"Detective novels are a retreat into an imaginary past in which a small number of protagonists circle one another in an enclosed dream world. A cordon sanitaire of fantasy protects the characters from the clumsy, grubby reality of life around them; although there are plots, betrayals and killings, these seem far removed from the paranoia of one's own time, and readers have the satisfying certainty that the sleuth will resolve the puzzle and rout the murderer."
So writes Richard Davenport-Hines in The London Library Magazine in an article in which he looks at the "escapist pleasures" of the Library's detective fiction collection - which includes Cyril Hare's books.
Hare's Tragedy at Law is the CBG's second taste of the crime novel, and is more austere and cleanly cut and less atmospheric and uninhibitedly 'luxuriant' than Margery Allingham's marvellous The Tiger in the Smoke, but nevertheless it is very enjoyable indeed.

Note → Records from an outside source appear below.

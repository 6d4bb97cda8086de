//! The answers to messages with a step, by the reply to its last event.
ghost use Rattle.std.specs.Prelude.{◌≡◌, ◌≤◌, false, length, IfOk, OnOk};
ghost use Rattle.net_base.specs.declared.ninep.Tmsg.TheVariants as t;
ghost use Rattle.net_base.specs.NinepMessages.{IsTmsg, longest, r_bytes};
ghost use Rattle.net_base.specs.SessionAnswers as spec;
ghost use Rattle.session_answers.specs.Told as told;
ghost use Rattle.session_answers.specs.Told.{told_by_reply, told_reply_text};
ghost use Rattle.session_script.specs.Seen.{seen_table};

use crate::printed::{is_brief, printed};
use crate::said::{error, piece, qid_of};
use net_base::{FileName, Node, Octets, Reply};
use ninep_wire::{Rmsg, Tmsg, encode_r, tag_of};
use script_task::bytes_in;
use session_script::{Table, is_data};
use std::alloc::{AllocError, Global};

/// The bytes of the answer to a message with a step, by the reply to the step's last event.
pub fn replied_bytes(
    alloc: Global,
    table: &Table,
    message: &Tmsg,
    reply: &Reply,
) -> Result<Octets, AllocError>
    requires message { IsTmsg message.now }
    requires short { table.now.msize ≤ longest }
    ensures { IfOk result (λ bytes. bytes ≡ r_bytes (told_by_reply (seen_table table.now) message.now reply.now)) }
{
    let answer = replied(alloc, table, message, reply)?;
    encode_r(alloc, &answer)
}

/// Whether the reply can be one to an event of a session: it grants it or is a few short words.
pub fn is_told(reply: &Reply) -> bool
    ensures { result ≡ told.is_reply_told reply.now }
{
    is_granting(reply) || is_brief(reply)
}

// The answer to a message with a step, by the reply to the step's last event.
fn replied(alloc: Global, table: &Table, message: &Tmsg, reply: &Reply) -> Result<Rmsg, AllocError>
    requires { IsTmsg message.now }
    ensures told { IfOk result (λ m. m ≡ told_by_reply (seen_table table.now) message.now reply.now) }
    ensures short { OnOk result (spec.is_granting reply.now ≡ false → length (told_reply_text reply.now)
        ≤ spec.longest_error) }
{
    if is_granting(reply) {
        return granted(alloc, table, message, reply);
    }
    let ename = printed(alloc, reply)?;
    Ok(Rmsg::Error {
        tag: tag_of(message),
        ename,
    })
}

// Whether a reply refuses nothing.
fn is_granting(reply: &Reply) -> bool
    ensures { result ≡ spec.is_granting reply.now }
{
    match reply {
        Reply::Slot { .. } => true,
        Reply::Call { .. } => true,
        Reply::Opened { .. } => true,
        Reply::Ok => true,
        Reply::Left => true,
        Reply::Bytes { .. } => true,
        Reply::Count { .. } => true,
        Reply::Lines { .. } => true,
        _ => false,
    }
}

fn granted(alloc: Global, table: &Table, message: &Tmsg, reply: &Reply) -> Result<Rmsg, AllocError>
    requires { IsTmsg message.now }
    ensures { IfOk result (λ m. m ≡ spec.granted (seen_table table.now) message.now reply.now) }
{
    match message {
        Tmsg::Open { tag, fid, .. } => Ok(Rmsg::Open {
            tag: *tag,
            qid: qid_of(now_open(node_at(table, *fid), reply)),
            iounit: 0,
        }),
        Tmsg::Read {
            tag,
            fid,
            offset,
            count,
        } => read(alloc, table, *tag, *fid, *offset, *count, reply),
        Tmsg::Write { tag, bytes, .. } => Ok(Rmsg::Write {
            tag: *tag,
            count: bytes.len() as u32,
        }),
        Tmsg::Clunk { tag, .. } => Ok(Rmsg::Clunk { tag: *tag }),
        _ => error(alloc, tag_of(message), b"not served"),
    }
}

/// The node of a fid, where it is known.
pub fn node_at(table: &Table, fid: u32) -> Node
    ensures { result ≡ spec.node_at (seen_table table.now) fid }
{
    match table.fids.get(fid) {
        Some(target) => target.node,
        None => Node::Root,
    }
}

// What was opened: of clone and listen it is the ctl file of the slot.
fn now_open(node: Node, reply: &Reply) -> Node
    ensures { result ≡ spec.now_open node reply.now }
{
    match (node, reply) {
        (Node::Clone(proto), Reply::Slot { slot, .. }) => {
            Node::File(proto, *slot, FileName::Ctl)
        }
        (Node::File(proto, _, _), Reply::Call { slot, .. }) => {
            Node::File(proto, *slot, FileName::Ctl)
        }
        _ => node,
    }
}

fn read(
    alloc: Global,
    table: &Table,
    tag: u16,
    fid: u32,
    offset: u64,
    count: u32,
    reply: &Reply,
) -> Result<Rmsg, AllocError>
    ensures { IfOk result (λ m. m ≡ spec.granted (seen_table table.now) (t.Read tag fid offset count) reply.now) }
{
    // data are read from where they are
    let skipped = if is_data(node_at(table, fid)) {
        0
    } else {
        offset
    };
    let bytes = Octets::from_slice(alloc, piece(bytes_in(reply), skipped, table.room(count)))?;
    Ok(Rmsg::Read { tag, bytes })
}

Hare was a barrister, and it's the vanished world of the judge and his retinue on circuit in the south of England during the early days of the war which is the setting for the various disturbing events which involve at their centre The Honourable Sir William Hereward Barber, Justice of the King's Bench Division. It is a lawyer's book, precise, considered, inward-looking, and it shows a healthy degree of pomposity-pricking self-awareness!
P.D. James, as quoted on the cover, says it is "written with elegance and wit", and I agree. I loved the occasional authorial aside - "Her ladyship interjected a comment upon the Court of Criminal Appeal which, in deference to that august institution, may here be omitted" - and a professional interest in the setting and subject-matter was fully satisfied by both the minutiae and the greater scheme of the plot respectively, while both, I think, avoided excluding the layman.

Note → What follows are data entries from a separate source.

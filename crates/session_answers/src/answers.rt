//! The answers to the messages of a session.
ghost use Rattle.std.specs.Prelude.{◌≡◌, ◌<◌, List, length, IfOk, IfSome, MatchOption};
ghost use Rattle.net_base.specs.declared.ninep.Tmsg.{Tmsg as AnyTmsg};
ghost use Rattle.net_base.specs.Next.{own_replies};
ghost use Rattle.session_answers.specs.Told.{AreTold};
ghost use Rattle.session_answers.specs.Served.{IsLastMessage, IsServedFirst, answered_of, session_state};
ghost use Rattle.session_script.specs.Seen.{seen_table};
ghost use Rattle.net_base.specs.SessionTable.{IsSound};
ghost use Rattle.net_base.specs.SessionScript.{AreMessages};
ghost use Rattle.net_base.specs.Server.{answers_to};
ghost use Rattle.net_base.specs.Session as spec;

use crate::replies::Replies;
use crate::session::Session;
use net_base::{Entries, Lines, Octets, Sequence};
use session_script::{ExportError, first_message};
use std::alloc::{AllocError, Global};

/// The answers to the messages of a session of a host, which is this caller, by its entries in a history.
pub fn answers_by<E: Entries>(
    alloc: Global,
    host: u32,
    bytes: &[u8],
    caller: u32,
    entries: &E,
    owes: bool,
) -> Result<Lines, AllocError>
    ensures { IfOk result (λ lines. (ms : List AnyTmsg) → AreMessages bytes.now ms
        → AreTold (own_replies (E.list entries.now) caller)
        → lines ≡ answers_to (spec.session host) spec.first ms (answered_of owes (E.list entries.now) caller)) }
{
    let mut session = Session::new(alloc, host)?;
    let mut replies = Replies::new(entries, caller, owes);
    let mut answers = Sequence::new(alloc);
    let mut rest = bytes;
    while !rest.is_empty() {
        let Some((answer, behind)) = serve_first(alloc, &mut session, rest, &mut replies)? else {
            return Ok(answers);
        };
        answers.push(answer)?;
        rest = behind;
    }
    Ok(answers)
}

// Serves the first message: its answer, and the bytes behind it.
fn serve_first<'a, E: Entries>(
    alloc: Global,
    session: &mut Session,
    bytes: &'a [u8],
    replies: &mut Replies<'_, E>,
) -> Result<Option<(Octets, &'a [u8])>, AllocError>
    requires sound { IsSound (seen_table session.old.table) }
    ensures served { IfOk result (λ first. MatchOption first
        (IsLastMessage session.old.host (session_state session.old) bytes.now replies.old)
        (λ x. IsServedFirst session.old.host (session_state session.old) (session_state session.new) bytes.now x.1.now
        x.0 replies.old replies.new)) }
    ensures sound { IfOk result (λ first. IfSome first (λ x. IsSound (seen_table session.new.table))) }
    ensures shorter { IfOk result (λ first. IfSome first (λ x. length x.1.now < length bytes.now)) }
    ensures host { session.new.host ≡ session.old.host }
{
    match first_message(alloc, session.table.msize, bytes) {
        Ok((message, behind)) => match session.serve(&message, replies)? {
            Some(answer) => Ok(Some((answer, behind))),
            None => Ok(None),
        },
        Err(ExportError::Memory) => Err(AllocError),
        Err(ExportError::BadStream) => Ok(None),
    }
}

Returning to Richard Davenport-Hines' article, he describes Cyril Hare's books as "wise, elegant novels" and says, tantalisingly, that his An English Murder
"has a brilliantly convincing motive for homicide that no novelist has used before or since"! But what of Tragedy at Law? I loved it, and I did guess 'who did it', which was cleverly, pleasingly plotted, I thought; how about you?